→ What you are asked to do
Lines from the top of the entries down to the line with "sheet prints it." must be set down exactly as they stand, with both ends retained.

[[ Data for review, beginning ]]

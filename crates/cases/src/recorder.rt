// The run recorder.
ghost use Rattle.std.specs.Prelude.{◌≡◌, true};
ghost use Rattle.cases.specs.Phases.{phase_fits};

mod events;

use tables::States;

// A run is empty, open, or closed with a back position.
#[derive(Clone, Copy)]
pub enum Phase {
    Empty,
    Open,
    Closed(usize),
}

// What the recorder is told.
#[derive(Clone, Copy)]
pub enum Event {
    // One state more, with the letters whose bits are set.
    State(u32),
    // The last position is followed by the back position.
    Loop(usize),
    // The run is cleared.
    Drop,
}

// The run that is recorded.
#[derive(Clone, Copy)]
pub struct Recorder {
    states: States,
    phase: Phase,
    ghost fits: { phase_fits phase states.len ≡ true },
}
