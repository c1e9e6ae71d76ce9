// Calls on a case.
use super::faults::CallFault;

// A step that is handed in: a rule, a principal number, the conclusion by the numbers of its formulas, rising, and the
// premises by the numbers of the steps whose conclusions they are, counted from 1.
#[derive(Clone, Copy)]
pub struct StepCall<'n> {
    pub rule: u16,
    pub principal: u16,
    pub conclusion: &'n [u16],
    pub premises: &'n [u16],
}

// A call on a case, with the text or the numbers that are handed in; its step is handed in as an `S`.
#[derive(Clone, Copy)]
pub enum Call<'t, S> {
    // Numbers the formula of a text.
    Form(&'t [u8]),
    Step(S),
    // A state with the letters whose bits 0 to 25 are set.
    State(u32),
    // The back position that closes the run.
    Loop(usize),
    Drop,
    Verdict,
}

// An entry of a record: a call, and what it is answered: a number, as a sheet prints it.
#[derive(Clone, Copy)]
pub struct Entry<'t, 'n> {
    pub call: Call<'t, StepCall<'n>>,
    pub answer: Result<usize, CallFault>,
}
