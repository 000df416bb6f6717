// The tables test on a file: `sound`'s, over the records in the file's bytes, so that nothing is stored before the answer is known.
#![tactic(auto)]

mod file; // file.rt: a file's bytes as the test reads them

ghost use Rattle.std.specs.Prelude.{◌≡◌, List, ℕ};
ghost use Rattle.rules.specs.Builds.{present};
ghost use Rattle.rules.specs.Sound.{Lent, is_sound};
ghost use Rattle.rules.specs.Files.{stored};
ghost use Rattle.inspect.specs.Inspected.{Known};

use file::File;
use rules::{HEAD_BYTES, Head, SHELF_BYTES};

// The atlas in the file is sound, whatever tables it is to be stored in.
pub fn is_sound(file: &[u8], head: Head) -> bool
    requires { Known file.now head }
    ensures { (s b : List ℕ) → Lent s b → result ≡ is_sound (stored present file.now s b) }
{
    let from = HEAD_BYTES + SHELF_BYTES * head.shelf_count as usize;
    standing::is_head(head) && sound::are_sound(head, File { bytes: file, from })
}
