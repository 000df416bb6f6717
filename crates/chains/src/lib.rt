// Walks along one chain of buckets, from its first to 65,535: whether a bucket of it is referenced, which is its last, and putting it in
// front of the released chain.
#![tactic(auto)]

ghost use Rattle.std.specs.Prelude.{◌≡◌};
ghost use Rattle.rules.specs.Chains.{chain, last_of};
ghost use Rattle.rules.specs.Merging.{unreferenced};
ghost use Rattle.rules.specs.Return.{released_table};
ghost use Rattle.chains.specs.Walk.{Walkable, SomeChain};

use rules::{Bucket, NONE};

// No bucket of the chain is referenced. Nothing is read past the first one that is.
pub fn is_unreferenced(buckets: &[u16], first: u16) -> bool
    requires { Walkable buckets.now first }
    ensures { result ≡ unreferenced buckets.now (chain buckets.now first) }
{
    let mut k = first;
    while k != NONE {
        let bucket = records::bucket_at(buckets, k as usize);
        if bucket.refs != 0 {
            return false;
        }
        k = bucket.next;
    }
    true
}

// The last bucket of the chain.
fn last_of(buckets: &[u16], first: u16) -> u16
    requires { Walkable buckets.now first }
    ensures { result ≡ last_of first (chain buckets.now first) }
{
    let mut last = first;
    let mut k = first;
    while k != NONE {
        last = k;
        let bucket = records::bucket_at(buckets, k as usize);
        k = bucket.next;
    }
    last
}

// The chain, of one bucket at least, goes in front of the one that starts at `released`.
#[tactic(auto, using(crate::proofs::Laws::last_room), unfolding(rules::specs::Return::released_table))]
pub fn release(buckets: &mut [u16], first: u16, released: u16)
    requires { SomeChain buckets.old first }
    ensures { buckets.new ≡ released_table buckets.old first released }
{
    let last = last_of(buckets, first);
    let bucket = records::bucket_at(buckets, last as usize);
    let linked = Bucket {
        next: released,
        ..bucket
    };
    records::put_bucket(buckets, last as usize, linked);
}
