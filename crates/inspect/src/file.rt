// A file's bytes as the tables test reads them, each bucket as the repair leaves it (T-08).
ghost use Rattle.rules.specs.Files.{head_in};
ghost use Rattle.inspect.specs.Inspected.{shelves_of, buckets_of, HasShelf, HasBucket};

use rules::{BUCKET_BYTES, Bucket, HEAD_BYTES, SHELF_BYTES, Shelf};
use walks::Records;

// The bucket records start at `from`.
#[derive(Clone, Copy)]
pub(crate) struct File<'a> {
    pub(crate) bytes: &'a [u8],
    pub(crate) from: usize,
}

impl Records for File<'_> {
    ghost shelves = { λ f. shelves_of (head_in f.bytes.now).shelf_count f.bytes.now };

    ghost buckets = { λ f. buckets_of (head_in f.bytes.now).bucket_count f.bytes.now };

    ghost has_shelf = { λ f. HasShelf f.bytes.now };

    ghost has_bucket = { λ f. HasBucket f.bytes.now f.from };

    fn shelf(&self, i: usize) -> Shelf {
        filed::shelf_from(self.bytes, HEAD_BYTES + SHELF_BYTES * i)
    }

    fn bucket(&self, i: usize) -> Bucket {
        filed::bucket_read(self.bytes, self.from + BUCKET_BYTES * i)
    }
}
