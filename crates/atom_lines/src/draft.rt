//! The atom as its lines have written it so far.
ghost use Rattle.std.specs.Prelude.{◌<◌, ◌-◌, true, drop, length, map, IfSome, IsTrue, ◌≡◌, ◌≤◌, ◌∷◌, ◌++◌, IfOk, IfErr, OnOk, OnErr, IsOkAnd, Ok, Err, None, []};
ghost use Rattle.std.specs.List.{list_all};
ghost use Rattle.plant_words.specs.LineFaults.{IsFaultOf, IsLast};
ghost use Rattle.atom_lines.specs.Making.{IsRead, AreRead};
ghost use Rattle.atom_lines.specs.Rows.{place_row, variable_row, port_row, export_in, exports_in, with_place, with_variable, with_port};
ghost use Rattle.atom_lines.specs.Lookup.{place_number, variable_number, port_number, export_number};
ghost use Rattle.atom_lines.specs.Transitions.{port_in, place_in, places_in, places_after, expression_on, guard_in, update_in, updates_from, updates_in, transition_in, transition_row};
ghost use Rattle.atom_lines.specs.Sound.{is_sound_port, is_sound_transition};
ghost use Rattle.petri_atom.specs.Definition.{is_each_once};
ghost use Rattle.petri_atom.specs.Local.{are_places};
ghost use Rattle.petri_atom.specs.Name.{is_same_text};
ghost use Rattle.petri_atom.specs.Parts.{port_of};
ghost use Rattle.petri_atom.specs.Transition.{transition_of};
ghost use Rattle.petri_atom.specs.Expression.{tree_of};
ghost use Rattle.petri_atom.specs.Update.{update_of};
ghost use Rattle.petri_atom.specs.declared.state.TheConstants.{MAX_PLACES, MAX_VARIABLES, MAX_EXPORTS};
ghost use Rattle.petri_atom.specs.declared.parts.TheConstants.{MAX_PORTS, MAX_TRANSITIONS, MAX_UPDATES};

use crate::lookup;
use crate::reading::{goes_on, next_in_places, read_mark, read_value};
use arrayvec::ArrayVec;
use petri_atom::{
    Atom, AtomFault, Expression, MAX_EXPORTS, MAX_PLACES, MAX_PORTS, MAX_TRANSITIONS, MAX_UPDATES,
    MAX_VARIABLES, Name, Place, Port, Transition, Update, Variable,
};
use plant_words::reading::{check, next_keyword, next_name, next_word, skip_word};
use plant_words::{LineFault, NameIndex, Variables, Words, is_legal, read_expression};
use std::alloc::{AllocError, Global};

/// An atom to which lines add parts.
///
/// The `ghost` lines are for contracts alone: the lists keep the rules of an atom at any time, and each index has the names of its list.
#[derive(Drop)]
pub struct AtomDraft {
    alloc: Global,
    name: Name,
    places: Vec<Place>,
    place_names: NameIndex,
    variables: Vec<Variable>,
    variable_names: NameIndex,
    ports: Vec<Port>,
    port_names: NameIndex,
    transitions: Vec<Transition>,
    ghost few_places: { length places.items ≤ MAX_PLACES },
    ghost few_variables: { length variables.items ≤ MAX_VARIABLES },
    ghost few_ports: { length ports.items ≤ MAX_PORTS },
    ghost few_transitions: { length transitions.items ≤ MAX_TRANSITIONS },
    ghost places_named: { place_names ≡ map (λ p. p.name) places.items },
    ghost variables_named: { variable_names ≡ map (λ v. v.name) variables.items },
    ghost ports_named: { port_names ≡ map (λ p. p.name) ports.items },
    ghost places_once: { IsTrue (is_each_once (λ x y. is_same_text x.name y.name) places.items) },
    ghost variables_once: { IsTrue (is_each_once (λ x y. is_same_text x.name y.name) variables.items) },
    ghost ports_once: { IsTrue (is_each_once (λ x y. is_same_text x.name y.name) (map port_of ports.items)) },
    ghost sound_ports: { IsTrue (list_all (is_sound_port (length variables.items)) (map port_of ports.items)) },
    ghost sound_transitions: { IsTrue (list_all (is_sound_transition (length ports.items) (length places.items) (length variables.items)) (map transition_of transitions.items)) },
}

[[ Data for review, end ]]

→ Completed task
filename crates/cases/src/recorder.rt
// The run recorder.
ghost use Rattle.std.specs.Prelude.{◌≡◌, true};
ghost use Rattle.cases.specs.Phases.{phase_fits};

mod events;

use tables::States;

// A run is empty, open, or closed with a back position.
#[derive(Clone, Copy)]
pub enum Phase {
    Empty,
    Open,
    Closed(usize),
}

// What the recorder is told.
#[derive(Clone, Copy)]
pub enum Event {
    // One state more, with the letters whose bits are set.
    State(u32),
    // The last position is followed by the back position.
    Loop(usize),
    // The run is cleared.
    Drop,
}

// The run that is recorded.
#[derive(Clone, Copy)]
pub struct Recorder {
    states: States,
    phase: Phase,
    ghost fits: { phase_fits phase states.len ≡ true },
}
repository c1e9e6ae71d76ce9
// Calls on a case.
use super::faults::CallFault;

// A step that is handed in: a rule, a principal number, the conclusion by the numbers of its formulas, rising, and the
// premises by the numbers of the steps whose conclusions they are, counted from 1.
#[derive(Clone, Copy)]
pub struct StepCall<'n> {
    pub rule: u16,
    pub principal: u16,
    pub conclusion: &'n [u16],
    pub premises: &'n [u16],
}

// A call on a case, with the text or the numbers that are handed in; its step is handed in as an `S`.
#[derive(Clone, Copy)]
pub enum Call<'t, S> {
    // Numbers the formula of a text.
    Form(&'t [u8]),
    Step(S),
    // A state with the letters whose bits 0 to 25 are set.
    State(u32),
    // The back position that closes the run.
    Loop(usize),
    Drop,
    Verdict,
}

// An entry of a record: a call, and what it is answered: a number, as a sheet prints it.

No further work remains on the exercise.